··· RECORDS TO USE

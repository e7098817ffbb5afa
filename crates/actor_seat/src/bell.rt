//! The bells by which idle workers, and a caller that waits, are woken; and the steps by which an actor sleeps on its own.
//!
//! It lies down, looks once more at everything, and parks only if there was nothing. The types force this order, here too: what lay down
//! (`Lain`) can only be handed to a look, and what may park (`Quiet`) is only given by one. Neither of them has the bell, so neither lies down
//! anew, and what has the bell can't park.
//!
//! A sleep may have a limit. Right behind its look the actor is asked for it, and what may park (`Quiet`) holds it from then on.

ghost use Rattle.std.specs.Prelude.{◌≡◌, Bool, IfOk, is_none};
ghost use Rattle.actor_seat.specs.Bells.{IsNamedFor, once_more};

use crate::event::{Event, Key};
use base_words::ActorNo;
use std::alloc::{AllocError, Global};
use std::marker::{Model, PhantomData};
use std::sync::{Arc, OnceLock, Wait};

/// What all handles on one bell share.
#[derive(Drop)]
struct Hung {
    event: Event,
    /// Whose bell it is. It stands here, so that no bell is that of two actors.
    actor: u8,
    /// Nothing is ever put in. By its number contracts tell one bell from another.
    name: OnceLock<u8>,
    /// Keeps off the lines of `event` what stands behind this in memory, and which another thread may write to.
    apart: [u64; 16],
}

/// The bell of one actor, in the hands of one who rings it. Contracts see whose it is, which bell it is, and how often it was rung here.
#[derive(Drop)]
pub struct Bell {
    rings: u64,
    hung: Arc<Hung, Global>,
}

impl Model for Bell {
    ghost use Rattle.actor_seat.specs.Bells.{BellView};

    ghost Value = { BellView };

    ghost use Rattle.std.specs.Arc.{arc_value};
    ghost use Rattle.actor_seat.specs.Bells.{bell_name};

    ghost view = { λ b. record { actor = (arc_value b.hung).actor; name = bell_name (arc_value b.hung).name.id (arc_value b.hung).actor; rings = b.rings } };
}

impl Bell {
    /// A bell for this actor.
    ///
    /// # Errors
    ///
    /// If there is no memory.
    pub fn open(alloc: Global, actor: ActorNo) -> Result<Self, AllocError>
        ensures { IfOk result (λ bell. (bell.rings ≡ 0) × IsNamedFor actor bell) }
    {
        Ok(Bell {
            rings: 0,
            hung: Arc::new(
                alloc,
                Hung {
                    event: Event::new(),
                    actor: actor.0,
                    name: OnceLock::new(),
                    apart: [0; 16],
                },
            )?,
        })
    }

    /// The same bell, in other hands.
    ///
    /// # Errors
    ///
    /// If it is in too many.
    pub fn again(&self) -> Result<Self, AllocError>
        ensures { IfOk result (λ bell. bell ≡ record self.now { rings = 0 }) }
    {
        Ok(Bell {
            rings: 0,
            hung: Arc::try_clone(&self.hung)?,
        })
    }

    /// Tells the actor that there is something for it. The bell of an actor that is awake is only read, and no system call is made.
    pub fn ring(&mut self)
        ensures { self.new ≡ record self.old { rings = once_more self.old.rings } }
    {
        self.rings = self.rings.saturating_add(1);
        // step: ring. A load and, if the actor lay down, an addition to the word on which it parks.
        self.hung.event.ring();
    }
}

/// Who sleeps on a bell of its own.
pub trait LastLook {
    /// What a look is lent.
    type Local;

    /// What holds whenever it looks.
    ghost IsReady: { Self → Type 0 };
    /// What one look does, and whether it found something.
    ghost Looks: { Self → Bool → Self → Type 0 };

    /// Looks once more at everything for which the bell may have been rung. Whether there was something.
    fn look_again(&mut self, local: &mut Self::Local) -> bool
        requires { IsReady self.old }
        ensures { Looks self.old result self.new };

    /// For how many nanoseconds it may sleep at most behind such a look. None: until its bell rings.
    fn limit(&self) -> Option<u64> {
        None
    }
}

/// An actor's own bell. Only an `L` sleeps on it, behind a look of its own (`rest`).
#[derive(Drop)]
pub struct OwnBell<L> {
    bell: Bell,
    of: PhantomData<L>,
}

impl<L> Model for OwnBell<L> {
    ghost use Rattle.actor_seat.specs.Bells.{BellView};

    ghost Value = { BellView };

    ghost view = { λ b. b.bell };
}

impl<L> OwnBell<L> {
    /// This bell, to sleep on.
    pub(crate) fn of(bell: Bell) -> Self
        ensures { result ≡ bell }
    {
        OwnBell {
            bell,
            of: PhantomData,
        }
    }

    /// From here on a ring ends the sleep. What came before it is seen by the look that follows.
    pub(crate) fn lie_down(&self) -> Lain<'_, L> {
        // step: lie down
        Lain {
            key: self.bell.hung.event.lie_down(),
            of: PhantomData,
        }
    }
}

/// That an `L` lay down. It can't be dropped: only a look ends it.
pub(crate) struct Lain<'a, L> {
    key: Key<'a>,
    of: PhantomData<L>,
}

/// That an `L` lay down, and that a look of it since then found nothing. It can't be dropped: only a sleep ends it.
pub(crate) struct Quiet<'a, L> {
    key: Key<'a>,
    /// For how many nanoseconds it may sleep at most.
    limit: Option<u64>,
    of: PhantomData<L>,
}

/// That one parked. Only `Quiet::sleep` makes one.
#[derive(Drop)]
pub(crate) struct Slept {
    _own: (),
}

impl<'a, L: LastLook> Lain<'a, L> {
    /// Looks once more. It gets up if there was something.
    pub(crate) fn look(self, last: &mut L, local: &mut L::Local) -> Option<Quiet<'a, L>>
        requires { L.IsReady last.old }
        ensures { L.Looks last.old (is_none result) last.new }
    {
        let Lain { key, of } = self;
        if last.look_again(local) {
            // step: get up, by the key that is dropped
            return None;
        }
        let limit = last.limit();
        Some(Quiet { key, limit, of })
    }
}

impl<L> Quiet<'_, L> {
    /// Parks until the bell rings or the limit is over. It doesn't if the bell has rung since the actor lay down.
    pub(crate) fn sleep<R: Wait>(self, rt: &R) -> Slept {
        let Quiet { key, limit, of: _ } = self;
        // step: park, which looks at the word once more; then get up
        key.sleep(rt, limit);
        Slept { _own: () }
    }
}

······
··· RECORDS TO USE

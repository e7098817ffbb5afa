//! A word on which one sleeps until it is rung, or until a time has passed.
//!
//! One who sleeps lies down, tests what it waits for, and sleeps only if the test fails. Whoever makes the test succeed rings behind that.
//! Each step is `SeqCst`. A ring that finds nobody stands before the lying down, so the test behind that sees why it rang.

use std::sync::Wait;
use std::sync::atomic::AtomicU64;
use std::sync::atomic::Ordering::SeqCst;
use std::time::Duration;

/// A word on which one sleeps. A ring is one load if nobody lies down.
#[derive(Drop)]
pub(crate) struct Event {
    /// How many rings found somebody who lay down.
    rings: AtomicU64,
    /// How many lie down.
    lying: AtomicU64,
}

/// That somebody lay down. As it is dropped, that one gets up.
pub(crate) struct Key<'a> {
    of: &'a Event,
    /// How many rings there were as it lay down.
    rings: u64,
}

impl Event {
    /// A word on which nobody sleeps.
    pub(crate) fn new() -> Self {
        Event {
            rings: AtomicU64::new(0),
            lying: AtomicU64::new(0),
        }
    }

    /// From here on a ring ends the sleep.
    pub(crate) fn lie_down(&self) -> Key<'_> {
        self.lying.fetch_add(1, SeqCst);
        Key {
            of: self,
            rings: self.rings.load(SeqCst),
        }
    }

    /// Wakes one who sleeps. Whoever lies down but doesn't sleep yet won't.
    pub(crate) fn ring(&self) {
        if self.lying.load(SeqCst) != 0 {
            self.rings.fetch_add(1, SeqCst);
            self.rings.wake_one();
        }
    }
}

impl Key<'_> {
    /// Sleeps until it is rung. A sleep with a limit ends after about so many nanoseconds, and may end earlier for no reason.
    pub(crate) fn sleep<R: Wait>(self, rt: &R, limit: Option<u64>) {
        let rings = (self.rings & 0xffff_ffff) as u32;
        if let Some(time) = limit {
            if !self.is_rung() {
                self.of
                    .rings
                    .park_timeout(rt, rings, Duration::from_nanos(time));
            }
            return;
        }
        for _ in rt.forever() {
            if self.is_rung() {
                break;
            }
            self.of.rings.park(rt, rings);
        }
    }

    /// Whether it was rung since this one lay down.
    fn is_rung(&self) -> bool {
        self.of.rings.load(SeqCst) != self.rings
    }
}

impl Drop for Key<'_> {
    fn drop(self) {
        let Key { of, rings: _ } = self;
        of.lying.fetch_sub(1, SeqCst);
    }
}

······
··· RECORDS TO USE

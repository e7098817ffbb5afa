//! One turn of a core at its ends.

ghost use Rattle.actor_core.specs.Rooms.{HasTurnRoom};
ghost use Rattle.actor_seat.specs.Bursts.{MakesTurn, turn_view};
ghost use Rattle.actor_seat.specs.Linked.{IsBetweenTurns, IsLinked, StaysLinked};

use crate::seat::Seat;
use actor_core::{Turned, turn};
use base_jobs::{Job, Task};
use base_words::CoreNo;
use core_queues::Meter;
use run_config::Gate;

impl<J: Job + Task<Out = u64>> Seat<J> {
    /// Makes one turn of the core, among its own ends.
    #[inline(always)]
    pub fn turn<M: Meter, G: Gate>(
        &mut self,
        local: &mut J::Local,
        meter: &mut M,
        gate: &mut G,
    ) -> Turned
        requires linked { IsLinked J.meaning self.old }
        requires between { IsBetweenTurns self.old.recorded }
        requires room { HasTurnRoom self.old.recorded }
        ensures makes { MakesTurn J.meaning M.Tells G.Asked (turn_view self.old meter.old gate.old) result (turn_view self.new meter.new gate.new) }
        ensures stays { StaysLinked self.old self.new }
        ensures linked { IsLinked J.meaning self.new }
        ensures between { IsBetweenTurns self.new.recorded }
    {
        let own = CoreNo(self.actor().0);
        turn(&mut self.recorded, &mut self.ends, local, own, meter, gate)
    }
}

······

*TASK TO COMPLETE*: In the listing above, find the line containing "λ b. b.bell" and the line containing "look ends it.". Output them and every line between, exactly, and nothing else.

*SOLUTION FOR THIS PROBLEM*:
    ghost view = { λ b. b.bell };
}

impl<L> OwnBell<L> {
    /// This bell, to sleep on.
    pub(crate) fn of(bell: Bell) -> Self
        ensures { result ≡ bell }
    {
        OwnBell {
            bell,
            of: PhantomData,
        }
    }

    /// From here on a ring ends the sleep. What came before it is seen by the look that follows.
    pub(crate) fn lie_down(&self) -> Lain<'_, L> {
        // step: lie down
        Lain {
            key: self.bell.hung.event.lie_down(),
            of: PhantomData,
        }
    }
}

/// That an `L` lay down. It can't be dropped: only a look ends it.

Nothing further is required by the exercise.